-- YOUR TASK --
Find the line with "Term::Pi(a, b) |" in the records below. Copy it and every line after it, up to and including the line with "under + tree.height".

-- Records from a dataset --

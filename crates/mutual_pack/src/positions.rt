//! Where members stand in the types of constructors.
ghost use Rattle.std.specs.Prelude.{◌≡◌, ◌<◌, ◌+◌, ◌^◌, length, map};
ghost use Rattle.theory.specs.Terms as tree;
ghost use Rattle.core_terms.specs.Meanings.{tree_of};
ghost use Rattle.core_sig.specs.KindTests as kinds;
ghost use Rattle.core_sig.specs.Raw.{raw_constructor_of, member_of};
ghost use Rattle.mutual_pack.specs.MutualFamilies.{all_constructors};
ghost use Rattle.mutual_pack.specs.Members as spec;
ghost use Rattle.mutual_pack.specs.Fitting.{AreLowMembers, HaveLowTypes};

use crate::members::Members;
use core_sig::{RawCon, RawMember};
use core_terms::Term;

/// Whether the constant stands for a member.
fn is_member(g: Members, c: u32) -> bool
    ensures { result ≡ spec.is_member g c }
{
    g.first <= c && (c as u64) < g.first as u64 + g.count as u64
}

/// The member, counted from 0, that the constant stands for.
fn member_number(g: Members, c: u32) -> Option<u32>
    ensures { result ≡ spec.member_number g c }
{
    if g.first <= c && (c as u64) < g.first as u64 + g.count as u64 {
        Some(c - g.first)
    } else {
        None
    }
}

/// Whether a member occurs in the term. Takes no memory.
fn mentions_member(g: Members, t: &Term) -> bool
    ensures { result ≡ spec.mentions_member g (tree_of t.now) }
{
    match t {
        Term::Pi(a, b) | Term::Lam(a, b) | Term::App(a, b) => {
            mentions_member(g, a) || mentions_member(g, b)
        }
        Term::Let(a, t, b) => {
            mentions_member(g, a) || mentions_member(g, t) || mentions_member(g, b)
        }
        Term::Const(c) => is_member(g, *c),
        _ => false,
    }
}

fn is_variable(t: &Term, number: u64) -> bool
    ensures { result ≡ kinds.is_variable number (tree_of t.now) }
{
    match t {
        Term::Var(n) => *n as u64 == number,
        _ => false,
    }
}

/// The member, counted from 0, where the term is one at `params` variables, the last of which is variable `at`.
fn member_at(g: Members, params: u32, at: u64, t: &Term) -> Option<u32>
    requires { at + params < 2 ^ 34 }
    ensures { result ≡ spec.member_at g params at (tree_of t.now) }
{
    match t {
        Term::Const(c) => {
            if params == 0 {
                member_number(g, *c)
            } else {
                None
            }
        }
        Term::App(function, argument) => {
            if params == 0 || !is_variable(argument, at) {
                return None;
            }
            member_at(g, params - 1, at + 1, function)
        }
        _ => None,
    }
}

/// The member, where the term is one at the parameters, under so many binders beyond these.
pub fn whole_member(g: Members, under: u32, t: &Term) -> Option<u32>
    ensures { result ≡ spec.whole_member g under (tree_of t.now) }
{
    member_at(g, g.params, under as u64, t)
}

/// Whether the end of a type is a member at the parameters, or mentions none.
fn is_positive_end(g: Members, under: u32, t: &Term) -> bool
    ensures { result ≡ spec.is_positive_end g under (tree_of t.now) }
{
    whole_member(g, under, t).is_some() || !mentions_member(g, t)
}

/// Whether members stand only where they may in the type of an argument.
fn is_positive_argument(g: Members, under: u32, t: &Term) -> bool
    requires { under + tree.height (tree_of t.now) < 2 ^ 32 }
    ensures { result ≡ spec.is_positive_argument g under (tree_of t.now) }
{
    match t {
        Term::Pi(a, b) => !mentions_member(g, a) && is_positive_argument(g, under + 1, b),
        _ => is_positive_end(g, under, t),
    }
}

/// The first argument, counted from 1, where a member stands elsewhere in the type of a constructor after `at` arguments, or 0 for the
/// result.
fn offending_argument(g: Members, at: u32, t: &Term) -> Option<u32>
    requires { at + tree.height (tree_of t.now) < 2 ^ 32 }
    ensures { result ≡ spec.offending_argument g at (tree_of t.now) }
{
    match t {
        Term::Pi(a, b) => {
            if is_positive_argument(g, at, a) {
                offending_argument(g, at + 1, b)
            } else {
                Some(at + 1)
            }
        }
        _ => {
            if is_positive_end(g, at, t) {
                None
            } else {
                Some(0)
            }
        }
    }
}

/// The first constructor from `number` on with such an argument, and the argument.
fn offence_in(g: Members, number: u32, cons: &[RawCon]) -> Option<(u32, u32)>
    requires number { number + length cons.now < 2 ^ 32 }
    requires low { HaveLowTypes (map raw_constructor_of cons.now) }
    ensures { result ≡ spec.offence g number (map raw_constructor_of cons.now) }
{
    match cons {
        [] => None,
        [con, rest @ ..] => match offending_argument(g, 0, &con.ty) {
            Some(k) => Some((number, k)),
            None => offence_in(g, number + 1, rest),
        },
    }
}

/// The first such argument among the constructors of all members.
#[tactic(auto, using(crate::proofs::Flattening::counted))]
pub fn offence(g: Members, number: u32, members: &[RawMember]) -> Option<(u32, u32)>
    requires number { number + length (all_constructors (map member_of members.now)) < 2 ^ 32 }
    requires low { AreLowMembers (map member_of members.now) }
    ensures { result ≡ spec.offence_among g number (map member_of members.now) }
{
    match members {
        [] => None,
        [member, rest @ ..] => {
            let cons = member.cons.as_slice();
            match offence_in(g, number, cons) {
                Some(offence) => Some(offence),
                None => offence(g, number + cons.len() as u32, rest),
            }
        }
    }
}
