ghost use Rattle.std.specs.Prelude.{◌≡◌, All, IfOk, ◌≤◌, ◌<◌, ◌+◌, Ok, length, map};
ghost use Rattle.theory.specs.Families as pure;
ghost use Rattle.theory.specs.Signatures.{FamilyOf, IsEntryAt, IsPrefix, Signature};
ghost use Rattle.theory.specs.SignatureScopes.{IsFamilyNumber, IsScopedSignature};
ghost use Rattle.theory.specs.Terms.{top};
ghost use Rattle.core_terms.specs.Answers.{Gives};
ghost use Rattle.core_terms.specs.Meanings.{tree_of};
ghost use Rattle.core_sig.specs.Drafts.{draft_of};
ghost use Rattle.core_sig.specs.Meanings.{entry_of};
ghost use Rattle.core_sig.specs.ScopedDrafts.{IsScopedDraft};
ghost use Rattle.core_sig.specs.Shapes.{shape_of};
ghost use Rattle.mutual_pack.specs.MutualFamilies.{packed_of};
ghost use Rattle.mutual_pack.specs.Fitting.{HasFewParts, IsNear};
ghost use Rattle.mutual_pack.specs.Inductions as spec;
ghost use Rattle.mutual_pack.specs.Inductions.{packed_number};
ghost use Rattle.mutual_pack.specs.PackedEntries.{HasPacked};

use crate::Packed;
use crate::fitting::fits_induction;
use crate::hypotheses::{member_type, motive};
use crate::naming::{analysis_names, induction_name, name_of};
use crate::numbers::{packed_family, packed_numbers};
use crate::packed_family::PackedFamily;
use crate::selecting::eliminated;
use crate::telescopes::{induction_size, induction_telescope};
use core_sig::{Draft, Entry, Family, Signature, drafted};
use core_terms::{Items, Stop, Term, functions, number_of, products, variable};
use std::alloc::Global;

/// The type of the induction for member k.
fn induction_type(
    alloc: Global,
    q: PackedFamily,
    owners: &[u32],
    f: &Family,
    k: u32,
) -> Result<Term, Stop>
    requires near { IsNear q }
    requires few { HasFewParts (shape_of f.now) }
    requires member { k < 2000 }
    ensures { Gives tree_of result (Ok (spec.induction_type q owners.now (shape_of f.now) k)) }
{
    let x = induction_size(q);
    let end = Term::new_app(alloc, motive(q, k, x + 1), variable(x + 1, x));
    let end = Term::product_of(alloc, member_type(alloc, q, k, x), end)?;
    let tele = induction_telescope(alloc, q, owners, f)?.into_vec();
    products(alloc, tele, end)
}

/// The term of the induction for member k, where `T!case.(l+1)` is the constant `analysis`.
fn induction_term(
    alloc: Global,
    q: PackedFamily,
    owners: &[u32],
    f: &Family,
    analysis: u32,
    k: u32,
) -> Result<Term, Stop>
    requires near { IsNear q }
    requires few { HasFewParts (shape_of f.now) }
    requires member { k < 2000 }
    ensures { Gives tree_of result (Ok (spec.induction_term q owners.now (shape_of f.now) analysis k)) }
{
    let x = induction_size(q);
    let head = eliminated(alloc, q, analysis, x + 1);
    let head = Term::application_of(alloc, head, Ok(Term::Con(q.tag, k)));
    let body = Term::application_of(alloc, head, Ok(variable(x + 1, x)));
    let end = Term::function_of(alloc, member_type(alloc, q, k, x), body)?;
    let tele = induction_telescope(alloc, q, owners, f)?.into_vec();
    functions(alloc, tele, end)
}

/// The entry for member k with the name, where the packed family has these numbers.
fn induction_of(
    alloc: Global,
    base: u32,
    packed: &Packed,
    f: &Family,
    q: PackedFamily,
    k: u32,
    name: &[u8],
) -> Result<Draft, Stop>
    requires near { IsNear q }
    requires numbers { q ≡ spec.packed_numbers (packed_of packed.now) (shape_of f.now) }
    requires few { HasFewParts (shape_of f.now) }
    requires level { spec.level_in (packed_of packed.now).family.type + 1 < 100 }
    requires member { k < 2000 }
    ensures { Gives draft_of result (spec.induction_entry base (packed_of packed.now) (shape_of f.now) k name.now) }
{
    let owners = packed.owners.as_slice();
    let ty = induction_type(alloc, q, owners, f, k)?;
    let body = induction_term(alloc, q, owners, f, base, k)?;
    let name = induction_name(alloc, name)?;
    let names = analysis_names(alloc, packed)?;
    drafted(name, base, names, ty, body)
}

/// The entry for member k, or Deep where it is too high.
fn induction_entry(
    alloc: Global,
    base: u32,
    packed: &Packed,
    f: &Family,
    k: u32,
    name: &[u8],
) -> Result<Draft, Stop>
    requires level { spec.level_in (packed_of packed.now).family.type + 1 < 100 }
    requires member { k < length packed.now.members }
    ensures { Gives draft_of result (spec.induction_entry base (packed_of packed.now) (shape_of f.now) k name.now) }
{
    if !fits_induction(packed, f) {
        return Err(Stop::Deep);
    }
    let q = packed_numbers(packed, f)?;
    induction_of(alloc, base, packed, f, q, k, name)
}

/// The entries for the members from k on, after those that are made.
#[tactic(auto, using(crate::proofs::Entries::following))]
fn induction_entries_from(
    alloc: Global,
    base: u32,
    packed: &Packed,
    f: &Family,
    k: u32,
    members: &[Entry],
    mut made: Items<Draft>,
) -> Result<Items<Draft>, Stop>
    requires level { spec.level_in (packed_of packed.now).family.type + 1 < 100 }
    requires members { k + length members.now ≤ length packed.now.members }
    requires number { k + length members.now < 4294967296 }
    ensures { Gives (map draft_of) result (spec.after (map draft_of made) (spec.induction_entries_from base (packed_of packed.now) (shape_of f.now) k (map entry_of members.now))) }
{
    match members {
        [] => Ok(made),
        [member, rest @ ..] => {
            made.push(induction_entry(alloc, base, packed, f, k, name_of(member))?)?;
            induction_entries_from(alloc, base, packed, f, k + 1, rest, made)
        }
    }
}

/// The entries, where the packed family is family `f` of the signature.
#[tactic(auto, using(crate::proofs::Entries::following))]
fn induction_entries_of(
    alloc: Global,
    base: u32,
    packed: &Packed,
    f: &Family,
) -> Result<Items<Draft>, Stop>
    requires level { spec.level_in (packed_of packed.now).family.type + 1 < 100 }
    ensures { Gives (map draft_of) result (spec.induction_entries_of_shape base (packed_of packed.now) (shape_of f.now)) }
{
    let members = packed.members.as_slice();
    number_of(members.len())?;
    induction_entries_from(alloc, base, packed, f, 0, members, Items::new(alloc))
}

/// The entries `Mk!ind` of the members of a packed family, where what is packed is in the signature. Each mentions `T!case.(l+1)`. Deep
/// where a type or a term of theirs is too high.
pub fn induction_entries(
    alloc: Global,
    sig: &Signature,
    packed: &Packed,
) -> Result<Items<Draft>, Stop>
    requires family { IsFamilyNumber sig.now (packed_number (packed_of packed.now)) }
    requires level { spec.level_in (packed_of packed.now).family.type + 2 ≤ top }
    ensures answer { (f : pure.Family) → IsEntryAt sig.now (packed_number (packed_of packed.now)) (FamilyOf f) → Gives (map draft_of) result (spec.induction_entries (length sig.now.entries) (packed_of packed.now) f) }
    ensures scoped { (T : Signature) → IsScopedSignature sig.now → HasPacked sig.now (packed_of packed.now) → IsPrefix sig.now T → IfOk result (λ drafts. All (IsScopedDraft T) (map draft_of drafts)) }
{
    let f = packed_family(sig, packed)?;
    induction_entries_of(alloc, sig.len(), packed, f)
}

-- FINAL ANSWER --
        Term::Pi(a, b) | Term::Lam(a, b) | Term::App(a, b) => {
            mentions_member(g, a) || mentions_member(g, b)
        }
        Term::Let(a, t, b) => {
            mentions_member(g, a) || mentions_member(g, t) || mentions_member(g, b)
        }
        Term::Const(c) => is_member(g, *c),
        _ => false,
    }
}

fn is_variable(t: &Term, number: u64) -> bool
    ensures { result ≡ kinds.is_variable number (tree_of t.now) }
{
    match t {
        Term::Var(n) => *n as u64 == number,
        _ => false,
    }
}

/// The member, counted from 0, where the term is one at `params` variables, the last of which is variable `at`.
fn member_at(g: Members, params: u32, at: u64, t: &Term) -> Option<u32>
    requires { at + params < 2 ^ 34 }
    ensures { result ≡ spec.member_at g params at (tree_of t.now) }
{
    match t {
        Term::Const(c) => {
            if params == 0 {
                member_number(g, *c)
            } else {
                None
            }
        }
        Term::App(function, argument) => {
            if params == 0 || !is_variable(argument, at) {
                return None;
            }
            member_at(g, params - 1, at + 1, function)
        }
        _ => None,
    }
}

/// The member, where the term is one at the parameters, under so many binders beyond these.
pub fn whole_member(g: Members, under: u32, t: &Term) -> Option<u32>
    ensures { result ≡ spec.whole_member g under (tree_of t.now) }
{
    member_at(g, g.params, under as u64, t)
}

/// Whether the end of a type is a member at the parameters, or mentions none.
fn is_positive_end(g: Members, under: u32, t: &Term) -> bool
    ensures { result ≡ spec.is_positive_end g under (tree_of t.now) }
{
    whole_member(g, under, t).is_some() || !mentions_member(g, t)
}

/// Whether members stand only where they may in the type of an argument.
fn is_positive_argument(g: Members, under: u32, t: &Term) -> bool
    requires { under + tree.height (tree_of t.now) < 2 ^ 32 }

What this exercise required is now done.